Segment Start: Material for the task

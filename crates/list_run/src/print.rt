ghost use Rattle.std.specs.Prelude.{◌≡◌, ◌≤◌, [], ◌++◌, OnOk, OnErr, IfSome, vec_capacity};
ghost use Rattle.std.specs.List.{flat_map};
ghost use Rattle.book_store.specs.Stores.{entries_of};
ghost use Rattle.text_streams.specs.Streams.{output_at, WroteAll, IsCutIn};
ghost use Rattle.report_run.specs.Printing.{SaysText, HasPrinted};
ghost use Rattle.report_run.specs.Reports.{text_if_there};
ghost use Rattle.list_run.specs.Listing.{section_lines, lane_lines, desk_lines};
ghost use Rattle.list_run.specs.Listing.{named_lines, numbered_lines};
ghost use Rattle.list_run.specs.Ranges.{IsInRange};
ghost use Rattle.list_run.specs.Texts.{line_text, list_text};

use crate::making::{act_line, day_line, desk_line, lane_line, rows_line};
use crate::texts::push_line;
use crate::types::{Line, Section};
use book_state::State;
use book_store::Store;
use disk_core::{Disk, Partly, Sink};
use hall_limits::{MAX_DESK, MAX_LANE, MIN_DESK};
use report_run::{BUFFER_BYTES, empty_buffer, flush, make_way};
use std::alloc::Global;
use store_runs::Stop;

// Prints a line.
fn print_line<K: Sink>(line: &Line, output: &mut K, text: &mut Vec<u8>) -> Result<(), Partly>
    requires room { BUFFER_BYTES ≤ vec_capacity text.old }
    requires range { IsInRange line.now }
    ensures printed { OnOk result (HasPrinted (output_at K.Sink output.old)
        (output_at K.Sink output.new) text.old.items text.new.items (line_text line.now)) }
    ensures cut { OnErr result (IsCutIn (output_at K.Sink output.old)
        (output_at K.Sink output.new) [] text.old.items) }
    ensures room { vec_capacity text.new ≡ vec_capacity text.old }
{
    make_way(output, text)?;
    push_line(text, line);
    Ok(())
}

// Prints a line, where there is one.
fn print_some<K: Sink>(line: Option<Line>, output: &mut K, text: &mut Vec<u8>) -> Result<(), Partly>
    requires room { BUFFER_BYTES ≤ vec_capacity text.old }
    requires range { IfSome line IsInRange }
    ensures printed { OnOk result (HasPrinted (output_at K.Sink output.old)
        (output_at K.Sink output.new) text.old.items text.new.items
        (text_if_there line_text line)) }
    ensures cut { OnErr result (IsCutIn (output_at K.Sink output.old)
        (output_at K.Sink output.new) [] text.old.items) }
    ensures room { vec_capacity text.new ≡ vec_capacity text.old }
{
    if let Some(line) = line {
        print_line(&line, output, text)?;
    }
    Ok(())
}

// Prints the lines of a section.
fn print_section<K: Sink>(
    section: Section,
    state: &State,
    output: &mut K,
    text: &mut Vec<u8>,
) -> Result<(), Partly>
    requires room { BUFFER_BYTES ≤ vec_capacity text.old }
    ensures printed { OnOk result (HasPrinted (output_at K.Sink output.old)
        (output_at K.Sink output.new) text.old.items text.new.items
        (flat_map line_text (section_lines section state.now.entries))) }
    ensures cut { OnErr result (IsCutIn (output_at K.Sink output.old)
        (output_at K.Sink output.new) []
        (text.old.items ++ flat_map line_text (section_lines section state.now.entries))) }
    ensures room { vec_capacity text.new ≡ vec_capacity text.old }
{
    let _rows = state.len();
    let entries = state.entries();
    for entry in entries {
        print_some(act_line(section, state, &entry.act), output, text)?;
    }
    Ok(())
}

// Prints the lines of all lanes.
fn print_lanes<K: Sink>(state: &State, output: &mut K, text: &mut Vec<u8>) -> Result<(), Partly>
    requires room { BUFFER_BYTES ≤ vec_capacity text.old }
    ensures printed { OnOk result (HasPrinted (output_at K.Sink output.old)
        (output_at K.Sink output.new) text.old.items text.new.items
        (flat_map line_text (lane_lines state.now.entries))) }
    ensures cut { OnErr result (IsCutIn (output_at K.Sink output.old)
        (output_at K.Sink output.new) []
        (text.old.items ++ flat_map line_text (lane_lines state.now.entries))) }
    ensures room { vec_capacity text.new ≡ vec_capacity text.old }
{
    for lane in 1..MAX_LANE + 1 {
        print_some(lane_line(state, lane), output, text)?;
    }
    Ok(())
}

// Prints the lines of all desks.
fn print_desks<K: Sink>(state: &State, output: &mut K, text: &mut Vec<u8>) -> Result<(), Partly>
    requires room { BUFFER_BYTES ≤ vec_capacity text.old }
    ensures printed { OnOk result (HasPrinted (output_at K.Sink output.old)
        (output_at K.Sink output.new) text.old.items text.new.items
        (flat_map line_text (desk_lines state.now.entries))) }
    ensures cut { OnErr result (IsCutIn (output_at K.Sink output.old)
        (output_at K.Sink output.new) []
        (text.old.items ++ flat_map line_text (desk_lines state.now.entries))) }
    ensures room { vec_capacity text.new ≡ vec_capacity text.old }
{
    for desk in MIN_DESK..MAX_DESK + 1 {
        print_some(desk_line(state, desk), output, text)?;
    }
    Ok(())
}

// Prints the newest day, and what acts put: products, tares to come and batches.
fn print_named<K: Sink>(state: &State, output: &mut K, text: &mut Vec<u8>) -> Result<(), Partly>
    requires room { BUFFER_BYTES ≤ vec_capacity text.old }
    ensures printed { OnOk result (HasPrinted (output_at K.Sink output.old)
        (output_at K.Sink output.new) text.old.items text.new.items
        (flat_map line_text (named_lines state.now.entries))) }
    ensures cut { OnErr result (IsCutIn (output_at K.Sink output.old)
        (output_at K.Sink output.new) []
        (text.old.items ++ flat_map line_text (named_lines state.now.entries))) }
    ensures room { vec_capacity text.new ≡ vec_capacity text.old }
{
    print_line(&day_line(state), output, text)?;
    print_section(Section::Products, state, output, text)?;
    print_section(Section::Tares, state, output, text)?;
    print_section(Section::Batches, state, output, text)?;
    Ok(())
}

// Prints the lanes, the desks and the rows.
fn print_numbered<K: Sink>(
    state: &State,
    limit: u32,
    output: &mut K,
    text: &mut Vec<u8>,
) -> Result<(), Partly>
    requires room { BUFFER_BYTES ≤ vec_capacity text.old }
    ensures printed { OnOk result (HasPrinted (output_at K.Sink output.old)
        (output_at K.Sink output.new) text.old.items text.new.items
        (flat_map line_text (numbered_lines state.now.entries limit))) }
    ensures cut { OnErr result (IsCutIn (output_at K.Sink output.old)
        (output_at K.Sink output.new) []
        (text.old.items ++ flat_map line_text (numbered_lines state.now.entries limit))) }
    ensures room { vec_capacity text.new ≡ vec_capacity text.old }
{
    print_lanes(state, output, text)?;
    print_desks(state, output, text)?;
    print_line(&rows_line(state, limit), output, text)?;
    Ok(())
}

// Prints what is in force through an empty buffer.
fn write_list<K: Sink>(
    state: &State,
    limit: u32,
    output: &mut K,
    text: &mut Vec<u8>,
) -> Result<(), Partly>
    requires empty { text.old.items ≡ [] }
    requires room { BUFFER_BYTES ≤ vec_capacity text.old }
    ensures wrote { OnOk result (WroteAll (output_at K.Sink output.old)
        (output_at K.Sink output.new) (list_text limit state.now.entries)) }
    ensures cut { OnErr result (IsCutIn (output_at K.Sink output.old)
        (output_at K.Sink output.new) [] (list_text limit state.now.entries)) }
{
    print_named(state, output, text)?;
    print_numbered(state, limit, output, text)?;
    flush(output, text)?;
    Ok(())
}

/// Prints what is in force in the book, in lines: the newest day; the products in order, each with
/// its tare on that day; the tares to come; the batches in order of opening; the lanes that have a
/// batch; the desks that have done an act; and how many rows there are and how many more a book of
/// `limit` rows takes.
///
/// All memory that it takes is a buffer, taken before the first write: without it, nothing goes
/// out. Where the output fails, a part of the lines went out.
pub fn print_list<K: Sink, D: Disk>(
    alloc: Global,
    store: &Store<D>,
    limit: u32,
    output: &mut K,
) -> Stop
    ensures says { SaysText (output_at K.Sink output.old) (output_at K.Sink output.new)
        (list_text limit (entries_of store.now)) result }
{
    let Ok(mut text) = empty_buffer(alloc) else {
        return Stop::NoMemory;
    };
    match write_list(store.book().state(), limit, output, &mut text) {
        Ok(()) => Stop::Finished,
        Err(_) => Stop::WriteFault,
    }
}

Segment End: Material for the task
Segment Start: Material for the task

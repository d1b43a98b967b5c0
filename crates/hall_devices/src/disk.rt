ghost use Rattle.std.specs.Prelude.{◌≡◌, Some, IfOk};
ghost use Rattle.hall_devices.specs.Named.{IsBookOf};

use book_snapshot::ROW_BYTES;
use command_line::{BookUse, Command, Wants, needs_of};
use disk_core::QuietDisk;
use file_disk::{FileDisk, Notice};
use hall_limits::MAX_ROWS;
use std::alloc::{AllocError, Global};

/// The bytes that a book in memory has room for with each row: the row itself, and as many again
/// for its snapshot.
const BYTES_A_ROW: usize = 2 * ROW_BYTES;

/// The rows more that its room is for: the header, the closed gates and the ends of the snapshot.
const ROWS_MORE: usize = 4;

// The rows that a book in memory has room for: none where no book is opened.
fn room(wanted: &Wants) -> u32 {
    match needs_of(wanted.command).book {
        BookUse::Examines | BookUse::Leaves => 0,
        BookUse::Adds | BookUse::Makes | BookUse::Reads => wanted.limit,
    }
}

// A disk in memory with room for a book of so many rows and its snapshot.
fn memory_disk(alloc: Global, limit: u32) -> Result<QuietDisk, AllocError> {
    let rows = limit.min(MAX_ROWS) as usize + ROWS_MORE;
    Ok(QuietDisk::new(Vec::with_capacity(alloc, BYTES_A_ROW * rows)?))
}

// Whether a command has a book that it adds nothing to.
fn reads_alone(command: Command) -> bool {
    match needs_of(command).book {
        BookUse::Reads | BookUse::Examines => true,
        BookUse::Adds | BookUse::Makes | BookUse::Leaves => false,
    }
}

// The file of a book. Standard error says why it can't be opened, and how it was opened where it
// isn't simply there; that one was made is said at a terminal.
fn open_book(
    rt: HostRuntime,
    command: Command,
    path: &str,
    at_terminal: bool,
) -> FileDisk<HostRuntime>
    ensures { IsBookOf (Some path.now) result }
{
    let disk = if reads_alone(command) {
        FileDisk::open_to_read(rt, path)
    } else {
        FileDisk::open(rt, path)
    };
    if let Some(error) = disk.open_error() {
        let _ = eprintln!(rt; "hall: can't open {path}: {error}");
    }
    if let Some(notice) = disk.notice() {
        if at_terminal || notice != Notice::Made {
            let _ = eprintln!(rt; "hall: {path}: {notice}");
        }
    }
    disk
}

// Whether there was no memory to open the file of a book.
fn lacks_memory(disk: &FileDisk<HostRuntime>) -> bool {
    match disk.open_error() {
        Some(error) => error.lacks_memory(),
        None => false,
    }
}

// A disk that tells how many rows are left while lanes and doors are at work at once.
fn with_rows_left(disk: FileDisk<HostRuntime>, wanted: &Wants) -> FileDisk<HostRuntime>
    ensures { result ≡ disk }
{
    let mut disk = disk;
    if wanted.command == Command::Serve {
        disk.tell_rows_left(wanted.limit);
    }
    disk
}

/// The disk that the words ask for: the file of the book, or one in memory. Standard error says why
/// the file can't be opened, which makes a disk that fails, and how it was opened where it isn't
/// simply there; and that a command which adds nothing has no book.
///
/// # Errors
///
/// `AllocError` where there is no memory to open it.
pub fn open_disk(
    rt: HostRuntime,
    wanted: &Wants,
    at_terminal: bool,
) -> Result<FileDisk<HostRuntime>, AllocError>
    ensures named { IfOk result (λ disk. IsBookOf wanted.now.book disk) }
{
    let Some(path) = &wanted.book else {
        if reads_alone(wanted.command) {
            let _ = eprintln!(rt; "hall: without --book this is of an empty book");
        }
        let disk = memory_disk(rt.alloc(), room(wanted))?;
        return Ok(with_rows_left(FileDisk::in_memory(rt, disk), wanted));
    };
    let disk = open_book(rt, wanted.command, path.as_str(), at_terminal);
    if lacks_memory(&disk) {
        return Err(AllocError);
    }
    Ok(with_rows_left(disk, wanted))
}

Segment End: Material for the task
Segment Start: Material for the task

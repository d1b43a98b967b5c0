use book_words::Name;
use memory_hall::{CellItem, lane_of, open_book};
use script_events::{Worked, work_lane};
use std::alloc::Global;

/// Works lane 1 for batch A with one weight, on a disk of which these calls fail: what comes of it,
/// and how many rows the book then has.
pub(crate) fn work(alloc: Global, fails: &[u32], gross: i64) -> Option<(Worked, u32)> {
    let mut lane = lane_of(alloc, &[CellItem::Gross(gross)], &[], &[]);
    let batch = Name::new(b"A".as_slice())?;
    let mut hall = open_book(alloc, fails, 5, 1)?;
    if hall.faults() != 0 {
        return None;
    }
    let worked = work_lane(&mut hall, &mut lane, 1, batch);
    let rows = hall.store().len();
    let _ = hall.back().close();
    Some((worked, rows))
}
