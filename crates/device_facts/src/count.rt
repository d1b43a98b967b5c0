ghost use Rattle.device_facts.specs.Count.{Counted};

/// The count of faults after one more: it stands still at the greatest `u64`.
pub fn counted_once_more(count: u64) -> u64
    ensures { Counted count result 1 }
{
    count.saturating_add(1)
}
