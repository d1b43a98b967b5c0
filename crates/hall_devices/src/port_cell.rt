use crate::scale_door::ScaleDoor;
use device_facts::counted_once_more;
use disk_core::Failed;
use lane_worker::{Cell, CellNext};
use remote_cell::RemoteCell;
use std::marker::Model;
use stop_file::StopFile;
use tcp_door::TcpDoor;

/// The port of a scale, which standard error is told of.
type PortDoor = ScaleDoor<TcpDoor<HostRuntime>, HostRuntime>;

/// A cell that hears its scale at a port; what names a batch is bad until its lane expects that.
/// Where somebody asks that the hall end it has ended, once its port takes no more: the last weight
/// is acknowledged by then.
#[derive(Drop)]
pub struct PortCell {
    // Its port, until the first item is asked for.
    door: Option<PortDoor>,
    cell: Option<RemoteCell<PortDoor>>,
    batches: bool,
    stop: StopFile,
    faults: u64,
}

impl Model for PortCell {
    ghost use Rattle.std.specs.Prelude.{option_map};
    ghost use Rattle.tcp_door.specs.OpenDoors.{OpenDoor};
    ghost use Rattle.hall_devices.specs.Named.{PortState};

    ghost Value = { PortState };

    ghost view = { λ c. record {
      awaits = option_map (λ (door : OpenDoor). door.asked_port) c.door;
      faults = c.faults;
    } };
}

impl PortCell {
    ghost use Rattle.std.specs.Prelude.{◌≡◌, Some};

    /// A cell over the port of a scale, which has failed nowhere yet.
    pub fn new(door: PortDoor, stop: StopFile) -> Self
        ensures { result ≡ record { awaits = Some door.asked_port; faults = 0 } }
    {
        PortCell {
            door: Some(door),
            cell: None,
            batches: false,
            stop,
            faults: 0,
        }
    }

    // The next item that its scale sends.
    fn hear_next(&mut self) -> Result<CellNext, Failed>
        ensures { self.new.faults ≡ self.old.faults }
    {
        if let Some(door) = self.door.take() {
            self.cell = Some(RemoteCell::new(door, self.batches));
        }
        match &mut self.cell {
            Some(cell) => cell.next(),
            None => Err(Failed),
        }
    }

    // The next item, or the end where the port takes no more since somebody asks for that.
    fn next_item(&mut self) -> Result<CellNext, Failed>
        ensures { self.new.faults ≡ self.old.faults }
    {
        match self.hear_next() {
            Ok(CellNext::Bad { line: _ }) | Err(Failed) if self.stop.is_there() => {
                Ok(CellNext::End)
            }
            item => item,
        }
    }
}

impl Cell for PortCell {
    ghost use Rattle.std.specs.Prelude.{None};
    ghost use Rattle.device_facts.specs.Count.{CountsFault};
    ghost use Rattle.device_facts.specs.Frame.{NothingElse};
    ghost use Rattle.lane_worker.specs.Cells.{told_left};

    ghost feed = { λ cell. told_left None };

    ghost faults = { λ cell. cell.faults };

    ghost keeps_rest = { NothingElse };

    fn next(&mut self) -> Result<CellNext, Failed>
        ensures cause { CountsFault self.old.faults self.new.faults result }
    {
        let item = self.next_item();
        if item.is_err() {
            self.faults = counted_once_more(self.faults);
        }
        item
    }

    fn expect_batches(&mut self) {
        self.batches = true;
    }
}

Segment End: Material for the task

Above are the records; from them, give again exactly the lines from the one containing "let rows = hall.store().len();" through the one containing "pub fn new(door: PortDoor, stop: StopFile)", both included.

■ **Task answer**
    let rows = hall.store().len();
    let _ = hall.back().close();
    Some((worked, rows))
}
filename crates/device_facts/src/count.rt
repository d1b43a98b967b5c0
ghost use Rattle.device_facts.specs.Count.{Counted};

/// The count of faults after one more: it stands still at the greatest `u64`.
pub fn counted_once_more(count: u64) -> u64
    ensures { Counted count result 1 }
{
    count.saturating_add(1)
}
repository d1b43a98b967b5c0
filename crates/hall_devices/src/port_cell.rt
use crate::scale_door::ScaleDoor;
use device_facts::counted_once_more;
use disk_core::Failed;
use lane_worker::{Cell, CellNext};
use remote_cell::RemoteCell;
use std::marker::Model;
use stop_file::StopFile;
use tcp_door::TcpDoor;

/// The port of a scale, which standard error is told of.
type PortDoor = ScaleDoor<TcpDoor<HostRuntime>, HostRuntime>;

/// A cell that hears its scale at a port; what names a batch is bad until its lane expects that.
/// Where somebody asks that the hall end it has ended, once its port takes no more: the last weight
/// is acknowledged by then.
#[derive(Drop)]
pub struct PortCell {
    // Its port, until the first item is asked for.
    door: Option<PortDoor>,
    cell: Option<RemoteCell<PortDoor>>,
    batches: bool,
    stop: StopFile,
    faults: u64,
}

impl Model for PortCell {
    ghost use Rattle.std.specs.Prelude.{option_map};
    ghost use Rattle.tcp_door.specs.OpenDoors.{OpenDoor};
    ghost use Rattle.hall_devices.specs.Named.{PortState};

    ghost Value = { PortState };

    ghost view = { λ c. record {
      awaits = option_map (λ (door : OpenDoor). door.asked_port) c.door;
      faults = c.faults;
    } };
}

impl PortCell {
    ghost use Rattle.std.specs.Prelude.{◌≡◌, Some};

    /// A cell over the port of a scale, which has failed nowhere yet.
    pub fn new(door: PortDoor, stop: StopFile) -> Self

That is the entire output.